[YOUR TASK]
Among the entries below, take the line with "let found = all_entrances(alloc, tree, asked, subtrees)?;" and the line with "-> Result<Vec<Over<'a>>, NoMemory>", and output them and every line between them exactly, with nothing else.

Dataset entries:
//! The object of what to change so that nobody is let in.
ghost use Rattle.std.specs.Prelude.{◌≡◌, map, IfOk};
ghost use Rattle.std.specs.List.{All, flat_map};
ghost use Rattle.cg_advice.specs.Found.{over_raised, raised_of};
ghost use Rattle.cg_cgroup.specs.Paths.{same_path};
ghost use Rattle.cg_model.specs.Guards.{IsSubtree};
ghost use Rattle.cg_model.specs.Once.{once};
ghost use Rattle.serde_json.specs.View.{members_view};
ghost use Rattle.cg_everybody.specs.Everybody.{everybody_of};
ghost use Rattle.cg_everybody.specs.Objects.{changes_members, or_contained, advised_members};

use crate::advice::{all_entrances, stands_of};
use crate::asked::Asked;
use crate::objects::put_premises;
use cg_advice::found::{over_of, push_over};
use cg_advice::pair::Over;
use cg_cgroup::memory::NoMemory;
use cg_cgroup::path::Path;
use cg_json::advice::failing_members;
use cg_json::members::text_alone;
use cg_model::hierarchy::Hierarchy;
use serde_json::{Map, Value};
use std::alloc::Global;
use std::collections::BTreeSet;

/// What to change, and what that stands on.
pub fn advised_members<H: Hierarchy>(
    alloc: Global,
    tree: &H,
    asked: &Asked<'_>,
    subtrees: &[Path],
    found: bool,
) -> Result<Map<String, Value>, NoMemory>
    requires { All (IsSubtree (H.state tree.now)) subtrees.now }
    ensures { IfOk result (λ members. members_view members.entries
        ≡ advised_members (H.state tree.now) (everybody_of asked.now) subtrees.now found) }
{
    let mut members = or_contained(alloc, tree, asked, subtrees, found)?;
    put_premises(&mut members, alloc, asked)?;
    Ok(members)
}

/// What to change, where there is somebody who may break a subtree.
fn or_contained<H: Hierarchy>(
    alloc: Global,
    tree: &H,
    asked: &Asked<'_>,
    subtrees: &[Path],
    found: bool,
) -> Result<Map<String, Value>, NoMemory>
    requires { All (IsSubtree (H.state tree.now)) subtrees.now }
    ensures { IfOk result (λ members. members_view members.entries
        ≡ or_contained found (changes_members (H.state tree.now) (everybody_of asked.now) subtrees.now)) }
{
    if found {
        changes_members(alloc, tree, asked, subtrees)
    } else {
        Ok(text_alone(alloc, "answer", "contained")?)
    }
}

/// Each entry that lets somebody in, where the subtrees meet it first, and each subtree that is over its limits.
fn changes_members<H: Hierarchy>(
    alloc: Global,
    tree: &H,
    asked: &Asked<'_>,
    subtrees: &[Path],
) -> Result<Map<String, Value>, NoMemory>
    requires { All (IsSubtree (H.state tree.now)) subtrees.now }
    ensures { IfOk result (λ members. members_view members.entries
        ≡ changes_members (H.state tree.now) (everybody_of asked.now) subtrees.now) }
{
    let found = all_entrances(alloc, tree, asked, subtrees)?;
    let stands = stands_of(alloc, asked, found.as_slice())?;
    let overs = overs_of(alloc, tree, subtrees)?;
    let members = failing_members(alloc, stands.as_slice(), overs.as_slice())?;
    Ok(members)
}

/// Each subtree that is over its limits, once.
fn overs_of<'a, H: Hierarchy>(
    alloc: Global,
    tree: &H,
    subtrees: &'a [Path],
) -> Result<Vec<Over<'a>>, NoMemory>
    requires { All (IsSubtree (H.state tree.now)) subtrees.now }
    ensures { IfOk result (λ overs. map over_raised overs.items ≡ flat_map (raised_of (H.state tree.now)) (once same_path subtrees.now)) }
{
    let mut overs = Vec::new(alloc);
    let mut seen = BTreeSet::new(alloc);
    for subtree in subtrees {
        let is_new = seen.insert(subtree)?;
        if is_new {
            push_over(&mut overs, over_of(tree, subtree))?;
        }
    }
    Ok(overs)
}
* * *
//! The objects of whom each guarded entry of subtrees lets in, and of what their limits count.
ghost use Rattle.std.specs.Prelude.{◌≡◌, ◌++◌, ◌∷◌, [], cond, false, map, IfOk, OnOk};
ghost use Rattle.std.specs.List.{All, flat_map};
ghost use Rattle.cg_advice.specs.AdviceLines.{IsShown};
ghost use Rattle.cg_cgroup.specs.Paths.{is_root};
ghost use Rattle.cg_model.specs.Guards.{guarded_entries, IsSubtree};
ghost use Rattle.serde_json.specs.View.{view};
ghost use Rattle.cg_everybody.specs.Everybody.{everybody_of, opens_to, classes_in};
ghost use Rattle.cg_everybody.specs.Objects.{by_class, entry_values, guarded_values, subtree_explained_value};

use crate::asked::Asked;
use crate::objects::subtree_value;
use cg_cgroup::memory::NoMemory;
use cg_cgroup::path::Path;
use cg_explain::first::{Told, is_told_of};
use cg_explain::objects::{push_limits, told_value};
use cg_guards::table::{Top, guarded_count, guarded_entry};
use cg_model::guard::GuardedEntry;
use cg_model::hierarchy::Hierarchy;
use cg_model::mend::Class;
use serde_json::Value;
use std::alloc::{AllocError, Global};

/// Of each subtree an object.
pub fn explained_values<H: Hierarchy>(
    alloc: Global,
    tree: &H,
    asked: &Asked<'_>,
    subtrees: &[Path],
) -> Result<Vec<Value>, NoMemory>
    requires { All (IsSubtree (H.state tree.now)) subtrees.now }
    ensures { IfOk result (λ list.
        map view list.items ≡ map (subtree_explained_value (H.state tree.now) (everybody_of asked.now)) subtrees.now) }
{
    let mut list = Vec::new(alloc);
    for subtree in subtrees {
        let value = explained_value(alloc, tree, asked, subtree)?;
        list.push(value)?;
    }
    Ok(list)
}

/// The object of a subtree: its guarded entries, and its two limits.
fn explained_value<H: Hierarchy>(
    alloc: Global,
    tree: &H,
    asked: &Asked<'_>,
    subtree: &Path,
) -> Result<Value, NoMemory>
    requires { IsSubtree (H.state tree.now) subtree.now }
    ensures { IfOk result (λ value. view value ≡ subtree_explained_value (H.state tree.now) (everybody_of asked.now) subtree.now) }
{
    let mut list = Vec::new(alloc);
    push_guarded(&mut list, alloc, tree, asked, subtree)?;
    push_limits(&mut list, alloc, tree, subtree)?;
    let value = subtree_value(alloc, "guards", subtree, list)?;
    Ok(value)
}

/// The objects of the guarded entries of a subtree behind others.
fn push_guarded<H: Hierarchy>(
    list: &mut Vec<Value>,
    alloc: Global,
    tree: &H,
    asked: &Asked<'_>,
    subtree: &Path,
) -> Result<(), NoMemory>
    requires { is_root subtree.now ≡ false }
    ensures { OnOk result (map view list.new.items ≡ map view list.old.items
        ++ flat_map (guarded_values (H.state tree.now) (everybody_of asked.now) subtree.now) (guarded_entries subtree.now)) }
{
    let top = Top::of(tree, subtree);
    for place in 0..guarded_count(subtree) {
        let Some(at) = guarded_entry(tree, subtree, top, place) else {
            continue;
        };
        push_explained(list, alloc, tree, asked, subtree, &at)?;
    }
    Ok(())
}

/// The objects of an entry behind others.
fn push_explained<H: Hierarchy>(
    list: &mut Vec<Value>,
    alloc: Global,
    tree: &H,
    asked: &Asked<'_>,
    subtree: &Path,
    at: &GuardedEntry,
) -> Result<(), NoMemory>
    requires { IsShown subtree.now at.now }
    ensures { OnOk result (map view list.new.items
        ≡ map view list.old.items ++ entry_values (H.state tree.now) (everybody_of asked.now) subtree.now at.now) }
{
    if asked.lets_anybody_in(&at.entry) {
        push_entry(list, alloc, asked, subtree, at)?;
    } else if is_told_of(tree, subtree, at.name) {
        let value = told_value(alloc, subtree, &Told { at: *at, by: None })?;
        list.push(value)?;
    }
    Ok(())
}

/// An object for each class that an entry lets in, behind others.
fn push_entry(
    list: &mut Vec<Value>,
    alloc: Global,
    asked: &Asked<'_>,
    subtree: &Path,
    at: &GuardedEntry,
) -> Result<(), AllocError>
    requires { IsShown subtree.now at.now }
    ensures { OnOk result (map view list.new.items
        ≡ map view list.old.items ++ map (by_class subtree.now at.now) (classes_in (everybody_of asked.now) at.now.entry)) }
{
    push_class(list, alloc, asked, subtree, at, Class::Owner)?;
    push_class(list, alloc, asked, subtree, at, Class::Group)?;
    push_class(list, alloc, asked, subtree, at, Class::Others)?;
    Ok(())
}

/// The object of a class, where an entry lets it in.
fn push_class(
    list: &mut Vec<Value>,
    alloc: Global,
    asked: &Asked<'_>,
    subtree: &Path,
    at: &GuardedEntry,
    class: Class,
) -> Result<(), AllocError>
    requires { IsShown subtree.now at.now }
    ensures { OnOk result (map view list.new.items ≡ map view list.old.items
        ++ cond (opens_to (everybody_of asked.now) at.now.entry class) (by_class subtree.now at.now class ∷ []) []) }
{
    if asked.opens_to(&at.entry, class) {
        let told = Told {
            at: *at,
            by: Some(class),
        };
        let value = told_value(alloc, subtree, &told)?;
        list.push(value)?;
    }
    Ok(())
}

[WRITTEN ANSWER]
    let found = all_entrances(alloc, tree, asked, subtrees)?;
    let stands = stands_of(alloc, asked, found.as_slice())?;
    let overs = overs_of(alloc, tree, subtrees)?;
    let members = failing_members(alloc, stands.as_slice(), overs.as_slice())?;
    Ok(members)
}

/// Each subtree that is over its limits, once.
fn overs_of<'a, H: Hierarchy>(
    alloc: Global,
    tree: &H,
    subtrees: &'a [Path],
) -> Result<Vec<Over<'a>>, NoMemory>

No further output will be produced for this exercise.